La pequeña figura de Guzmán, corriendo alrededor del colorido tobogán, atrapa mi atención cuando he disipado mis pensamientos. Si no fuera por el grito de otro niño que acaba de llamar a su mamá desde lo alto de una barra, aún seguiría evocando recuerdos que ya no tienen relevancia en mi vida. Sin embargo, continúo dándoles cabida cada cierto tiempo. ¡Dios! ¿Por qué tengo que pensar en él?

«Porque lo extrañas», responde una voz en mi cabeza y me pongo de pie para ignorarla y acercarme al pequeño.

Es imposible no volver a pensar en Arián, más aún cuando la frase «Mente ocupada no entraña a nadie», se vuelve muy compleja gracias a que, un niño de cinco años, te pregunta cada media hora por alguien que no quieres volver a ver.

He traído a Guz a un parque cerca de nuestro barrio para que juegue mientras trato de despejar mis pensamientos y desconecto un poco de la rutina matutina. Debo confesar que estos dos últimos días no han sido los mejores, pero trato de sobrellevarlos con una sonrisa en la cara para que no se me note tan perdida. El tema de Arián lo estoy asimilando de a poco y me entran unas ganas de abofetearme a mí misma cuando me convenzo de que aún lo quiero. Una parte de mí muere por ir a buscarlo a la editorial para hablar y pedirle que me brinde esas supuestas explicaciones que dice tener, pero otra parte de mí —la que ha hecho acopio de todo mi orgullo y dignidad— me impide hacerlo. Es más beneficioso para mi salud mental no buscarlo y escarbar en el pasado si ya he dado por cerrada esa etapa.

No obstante, lo que ahora me aqueja es buscar la manera como le voy a decir al pequeño que Arián ya no forma parte de mi vida.

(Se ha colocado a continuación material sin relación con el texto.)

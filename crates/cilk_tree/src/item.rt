//! The canonical text of a program.

ghost use Rattle.std.specs.Prelude.{◌≡◌, ◌++◌, ◌∷◌, [], codes, IfOk, map, string_bytes};
ghost use Rattle.std.specs.Fmt.{signed_decimal};
ghost use Rattle.cilk_tree_syntax.specs.ProgramView.{global_shape_of, parameters_of};
ghost use Rattle.cilk_tree_syntax.specs.Tree.{command_line, global, lock, prototype, procedure};
ghost use Rattle.cilk_tree_syntax.specs.Appends.{Appends};
ghost use Rattle.cilk_tree_syntax.specs.Lines.{text_of};
ghost use Rattle.cilk_tree_syntax.specs.ProgramText.{cilk_text, global_shape_text, head_text, header_line, header_name};
ghost use Rattle.cilk_tree_syntax.specs.ProgramText.{item_lines, next_types_text, opening_line, parameters_text, program_text, types_text};

use crate::head::put_names;
use crate::line::put_length;
use crate::put::put;
use crate::stmt::put_body;
use cilk_tree_syntax::{
    GlobalShape, Header, Item, ItemNode, Memory, Parameters, Proc, Program, Prototype, ReturnType,
    Word,
};
use itoa::Buffer;
use std::alloc::Global;

/// The canonical text of a program: a line for each header, declaration and statement, four spaces for each level, and
/// parentheses round each operand that is no number, name, element of an array or `SYNCHED`.
pub fn canonical(alloc: Global, program: &Program) -> Result<String, Memory>
    ensures { IfOk result (λ text. string_bytes text ≡ program_text program.now) }
{
    let mut out = String::new(alloc);
    put_headers(&mut out, &program.headers)?;
    for item in &program.items {
        put_item(alloc, &mut out, item)?;
    }
    Ok(out)
}

fn put_headers(out: &mut String, headers: &[Header]) -> Result<(), Memory>
    ensures { Appends result out.old out.new (text_of [] (map header_line headers.now)) }
{
    for header in headers {
        put_header(out, *header)?;
    }
    Ok(())
}

fn put_header(out: &mut String, header: Header) -> Result<(), Memory>
    ensures { Appends result out.old out.new (text_of [] (header_line header ∷ [])) }
{
    put(out, "#include <")?;
    put(out, name_of(header))?;
    put(out, ">\n")
}

fn name_of(header: Header) -> &'static str
    ensures { result.now ≡ header_name header }
{
    match header {
        Header::Cilk => "cilk.h",
        Header::CilkLib => "cilk-lib.h",
        Header::CilkLibCilkh => "cilk-lib.cilkh",
        Header::Stdio => "stdio.h",
        Header::Stdlib => "stdlib.h",
    }
}

fn put_item(alloc: Global, out: &mut String, item: &Item) -> Result<(), Memory>
    ensures { Appends result out.old out.new (text_of [] (item_lines item.now)) }
{
    match &item.node {
        ItemNode::Global(definition) => put_global(out, definition),
        ItemNode::Lock(name) => put_lock(out, name),
        ItemNode::Prototype(declaration) => put_prototype(out, declaration),
        ItemNode::Procedure(definition) => put_procedure(alloc, out, definition),
    }
}

fn put_global(out: &mut String, definition: &cilk_tree_syntax::Global) -> Result<(), Memory>
    ensures { Appends result out.old out.new (text_of [] (item_lines (global definition.now))) }
{
    put(out, "int ")?;
    put(out, definition.name.as_str())?;
    put_global_shape(out, definition.shape)?;
    put(out, ";\n")
}

fn put_global_shape(out: &mut String, shape: GlobalShape) -> Result<(), Memory>
    ensures { Appends result out.old out.new (global_shape_text (global_shape_of shape)) }
{
    match shape {
        GlobalShape::Variable(None) => Ok(()),
        GlobalShape::Variable(Some(value)) => put_start(out, value),
        GlobalShape::Array(length) => put_length(out, length),
    }
}

// The number that a variable starts with.
fn put_start(out: &mut String, value: i32) -> Result<(), Memory>
    ensures { Appends result out.old out.new (codes " = " ++ signed_decimal value) }
{
    let mut buffer = Buffer::new();
    put(out, " = ")?;
    put(out, buffer.format(value))
}

fn put_lock(out: &mut String, name: &Word) -> Result<(), Memory>
    ensures { Appends result out.old out.new (text_of [] (item_lines (lock name.now))) }
{
    put(out, "Cilk_lockvar ")?;
    put(out, name.as_str())?;
    put(out, ";\n")
}

fn put_prototype(out: &mut String, declaration: &Prototype) -> Result<(), Memory>
    ensures { Appends result out.old out.new (text_of [] (item_lines (prototype declaration.now))) }
{
    put_head(
        out,
        declaration.is_cilk,
        declaration.returns,
        &declaration.name,
    )?;
    put_types(out, declaration.count)?;
    put(out, ");\n")
}

// What stands before the parameters.
fn put_head(out: &mut String, is_cilk: bool, returns: ReturnType, name: &Word) -> Result<(), Memory>
    ensures { Appends result out.old out.new (head_text is_cilk returns name.now) }
{
    put_cilk(out, is_cilk)?;
    put(out, returns.word())?;
    put(out, " ")?;
    put(out, name.as_str())?;
    put(out, "(")
}

fn put_cilk(out: &mut String, is_cilk: bool) -> Result<(), Memory>
    ensures { Appends result out.old out.new (cilk_text is_cilk) }
{
    if is_cilk { put(out, "cilk ") } else { Ok(()) }
}

// The types of parameters, as many as that.
fn put_types(out: &mut String, count: u32) -> Result<(), Memory>
    ensures { Appends result out.old out.new (types_text count) }
{
    if count == 0 {
        put(out, "void")
    } else {
        put(out, "int")?;
        put_next_types(out, count - 1)
    }
}

fn put_next_types(out: &mut String, count: u32) -> Result<(), Memory>
    ensures { Appends result out.old out.new (next_types_text count) }
{
    for _ in 0..count {
        put(out, ", int")?;
    }
    Ok(())
}

fn put_procedure(alloc: Global, out: &mut String, definition: &Proc) -> Result<(), Memory>
    ensures { Appends result out.old out.new (text_of [] (item_lines (procedure definition.now))) }
{
    put_opening(out, definition)?;
    put_body(alloc, out, "", &definition.body)
}

fn put_opening(out: &mut String, definition: &Proc) -> Result<(), Memory>
    ensures { Appends result out.old out.new (text_of [] (opening_line definition.now ∷ [])) }
{
    put_head(
        out,
        definition.is_cilk,
        definition.returns,
        &definition.name,
    )?;
    put_parameters(out, &definition.parameters)?;
    put(out, ") {\n")
}

fn put_parameters(out: &mut String, parameters: &Parameters) -> Result<(), Memory>
    ensures { Appends result out.old out.new (parameters_text (parameters_of parameters.now)) }
{
    match parameters {
        Parameters::Ints(names) => put_names(out, names),
        Parameters::CommandLine(count, strings) => put_command_line(out, count, strings),
    }
}

// The parameters of the form of `main` that is told of the command line.
fn put_command_line(out: &mut String, count: &Word, strings: &Word) -> Result<(), Memory>
    ensures { Appends result out.old out.new (parameters_text (command_line count.now strings.now)) }
{
    put(out, "int ")?;
    put(out, count.as_str())?;
    put(out, ", char *")?;
    put(out, strings.as_str())?;
    put(out, "[]")
}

—¡Toti, mira, ahora soy más alto que tú! —exclama desde la parte superior del tobogán. Dos segundos después se está deslizando hacia la base.

—Con cuidado, ¿sí? Sujétate fuerte de ambos lados.

—¡Por Dios! Ya no tengo tres años —protesta con las manos en la cintura y me muerdo los labios para reprimir una risita.

Alzo las manos en señal de rendición a la vez que él camina hacia la escalera para subir otra vez. Me dirige un gesto de victoria cuando se encuentra en la cima y se desliza con suma confianza.

—Guz, tenemos que hablar sobre algo —menciono cuando está a punto de subirse de nuevo. Él eleva las cejas y se regresa dando pequeños pasitos, como si fuera a regañarle por las muecas que hizo—. Ven, vamos a sentarnos en los columpios.

—¿Pasa algo, Toti?

—No, no, tranquilo... —Acaricio su cabello para que no sienta temor—. Es solo que me has estado preguntando mucho por él y siento que debo ser sincera contigo porque algún día vas a darte cuenta de...

—¿Por Arián? —interrumpe.

—Sí, por él.

—¿Le ha sucedido algo malo?

—No. Él está bien.

—¿Entonces?

—Sería mejor si me dejaras explicarte y no me interrumpieras, ¿vale?

—Vale. —Asiente.

—Bien. —Inhalo en silencio mientras me doy tiempo de pensar mejor mis palabras—. Me apena mucho decirte esto porque él y tú se han estado llevando muy bien a pesar de que la primera vez no le diste un buen trato...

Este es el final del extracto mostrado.